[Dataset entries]
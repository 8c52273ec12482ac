//! From the words to the reply: texts are loaded, or made for a trial, and judged.

ghost use Rattle.std.specs.Prelude.{◌≡◌, ◌≤◌, ◌∷◌, [], Err, IfErr, IfOk, Ok, OnOk, length};
ghost use Rattle.command_words.specs.declared.request.Request.TheVariants as asking;
ghost use Rattle.command_words.specs.declared.request.Trial.{Trial as TrialValue};
ghost use Rattle.command_words.specs.Request.{NamesNoScript, names};
ghost use Rattle.dl_limits.specs.declared.TheConstants.{MOST_BYTES};
ghost use Rattle.dl_outside.specs.Count.{NeverFall};
ghost use Rattle.dl_outside.specs.declared.shelf.LoadFault.{LoadFault as FaultValue};
ghost use Rattle.csp_base.specs.Stops.{Tells};
ghost use Rattle.report.specs.Stops.{Ends};
ghost use Rattle.report.specs.declared.answer.Side.TheVariants as side;
ghost use Rattle.dl_top.specs.Prelude.{IsLoad, Loaded, MayGive, TellsLoad, TextsCallFor, IsUnloaded, Prints};

use crate::judge::{judge, judge_pair, show};
use crate::reply::{Printed, Reply, print, rule_of};
use command_words::{Job, Request, Trial, Words, read_request};
use csp_base::{Bytes, Made, NoMemory, Stop};
use dl_limits::MOST_BYTES;
use dl_outside::{LoadFault, Shelf};
use net_maker::family_script;
use report::{Answer, OutsideFault, Side, TextFault, settle};
use std::alloc::Global;

// How it is told that the text of this side can't be loaded.
fn load_fault(side: Side, fault: LoadFault) -> Stop<Answer>
    ensures { Tells (TellsLoad side fault) result }
{
    match fault {
        LoadFault::Missing => Stop::Told(Answer::Outside(side, OutsideFault::NotFound)),
        LoadFault::TooLong => Stop::Told(Answer::NoProgram(side, TextFault::TooLong)),
        LoadFault::Failed => Stop::Told(Answer::Outside(side, OutsideFault::NotRead)),
        LoadFault::NoMemory => Stop::NoMemory,
    }
}

// The text of this side, which has this name.
fn load<S: Shelf>(
    alloc: Global,
    side: Side,
    name: &[u8],
    shelf: &mut S,
) -> Result<Bytes, Stop<Answer>>
    ensures ok { IfOk result (λ text. IsLoad S.texts S.counts S.gives shelf.old shelf.new name.now (Ok text)) }
    ensures short { IfOk result (λ text. length text ≤ MOST_BYTES) }
    ensures told { IfErr result (Tells (IsUnloaded
        (IsLoad S.texts S.counts S.gives shelf.old shelf.new name.now) side)) }
    ensures texts_stay { S.texts shelf.new ≡ S.texts shelf.old }
    ensures never_fall { NeverFall (S.counts shelf.old) (S.counts shelf.new) }
{
    match shelf.load(alloc, name, MOST_BYTES) {
        Ok(text) => Ok(text),
        Err(fault) => Err(load_fault(side, fault)),
    }
}

// The answer to a request to show the script of this name.
fn answer_show<S: Shelf>(alloc: Global, name: &[u8], shelf: &mut S) -> Result<Answer, Stop<Answer>>
    ensures calls { Ends (Loaded (IsLoad S.texts S.counts S.gives) side.Script shelf.old shelf.new
        (name.now ∷ []) (TextsCallFor (asking.Show name.now))) result }
    ensures texts_stay { S.texts shelf.new ≡ S.texts shelf.old }
    ensures never_fall { NeverFall (S.counts shelf.old) (S.counts shelf.new) }
{
    let text = load(alloc, Side::Script, name, shelf)?;
    let answer = show(alloc, text.as_slice())?;
    Ok(answer)
}

// The answer to a request to do this with the network of the script of this name.
fn answer_script<S: Shelf>(
    alloc: Global,
    job: &Job,
    name: &[u8],
    shelf: &mut S,
) -> Result<Answer, Stop<Answer>>
    ensures calls { Ends (Loaded (IsLoad S.texts S.counts S.gives) side.Script shelf.old shelf.new
        (name.now ∷ []) (TextsCallFor (asking.Script job.now name.now))) result }
    ensures texts_stay { S.texts shelf.new ≡ S.texts shelf.old }
    ensures never_fall { NeverFall (S.counts shelf.old) (S.counts shelf.new) }
{
    let text = load(alloc, Side::Script, name, shelf)?;
    let answer = judge(alloc, job, text.as_slice())?;
    Ok(answer)
}

// The answer to a request to hold the script of the first name against the specification of the second.
fn answer_conform<S: Shelf>(
    alloc: Global,
    script: &[u8],
    specification: &[u8],
    shelf: &mut S,
) -> Result<Answer, Stop<Answer>>
    ensures calls { Ends (Loaded (IsLoad S.texts S.counts S.gives) side.Script shelf.old shelf.new
        (script.now ∷ specification.now ∷ []) (TextsCallFor (asking.Conform script.now specification.now))) result }
    ensures texts_stay { S.texts shelf.new ≡ S.texts shelf.old }
    ensures never_fall { NeverFall (S.counts shelf.old) (S.counts shelf.new) }
{
    let text = load(alloc, Side::Script, script, shelf)?;
    let other = load(alloc, Side::Specification, specification, shelf)?;
    let answer = judge_pair(alloc, text.as_slice(), other.as_slice())?;
    Ok(answer)
}

// The answer to a trial.
fn answer_trial(alloc: Global, trial: Trial) -> Result<Answer, Stop<Answer>>
    ensures { Ends (TextsCallFor (asking.Trial trial) []) result }
{
    let text = family_script(alloc, trial.family, trial.size)?;
    let answer = judge(alloc, &Job::Check(rule_of(trial.family)), text.as_slice())?;
    Ok(answer)
}

// The answer to a request. Nothing is loaded where it names no script.
fn answer_request<S: Shelf>(
    alloc: Global,
    request: &Request,
    shelf: &mut S,
) -> Result<Answer, Stop<Answer>>
    ensures calls { Ends (Loaded (IsLoad S.texts S.counts S.gives) side.Script shelf.old shelf.new
        (names request.now) (TextsCallFor request.now)) result }
    ensures untouched { names request.now ≡ [] → shelf.new ≡ shelf.old }
    ensures texts_stay { S.texts shelf.new ≡ S.texts shelf.old }
    ensures never_fall { NeverFall (S.counts shelf.old) (S.counts shelf.new) }
{
    match request {
        Request::Show(name) => answer_show(alloc, name.as_slice(), shelf),
        Request::Script(job, name) => answer_script(alloc, job, name.as_slice(), shelf),
        Request::Trial(trial) => answer_trial(alloc, *trial),
        Request::Conform(script, specification) => {
            answer_conform(alloc, script.as_slice(), specification.as_slice(), shelf)
        }
    }
}

// The reply to the words. Nothing is loaded where they name no script.
fn reply_to<S: Shelf>(alloc: Global, words: &Words, shelf: &mut S) -> Made<Reply>
    ensures cause { IfOk result (MayGive (IsLoad S.texts S.counts S.gives) words.now shelf.old shelf.new) }
    ensures untouched { NamesNoScript words.now → shelf.new ≡ shelf.old }
    ensures texts_stay { S.texts shelf.new ≡ S.texts shelf.old }
    ensures never_fall { NeverFall (S.counts shelf.old) (S.counts shelf.new) }
{
    let found = read_request(alloc, words)?;
    let Some(request) = found else {
        return Ok(Reply {
            trial: None,
            answer: Answer::Usage,
        });
    };
    let trial = request.trial();
    match settle(answer_request(alloc, &request, shelf)) {
        Ok(answer) => Ok(Reply { trial, answer }),
        Err(error) => Err(error),
    }
}

/// What is sent in reply to the words, with the exit status.
pub(crate) fn print_reply<S: Shelf>(alloc: Global, words: &Words, shelf: &mut S) -> Made<Printed>
    ensures prints { IfOk result (Prints (MayGive (IsLoad S.texts S.counts S.gives) words.now shelf.old shelf.new)) }
    ensures untouched { NamesNoScript words.now → shelf.new ≡ shelf.old }
    ensures texts_stay { S.texts shelf.new ≡ S.texts shelf.old }
    ensures never_fall { NeverFall (S.counts shelf.old) (S.counts shelf.new) }
{
    match reply_to(alloc, words, shelf) {
        Ok(reply) => print(alloc, &reply),
        Err(error) => Err(error),
    }
}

• **Work to complete**
Determine how many lines of the records above hold the word "declared" and give the number with nothing added.

• **Result**
5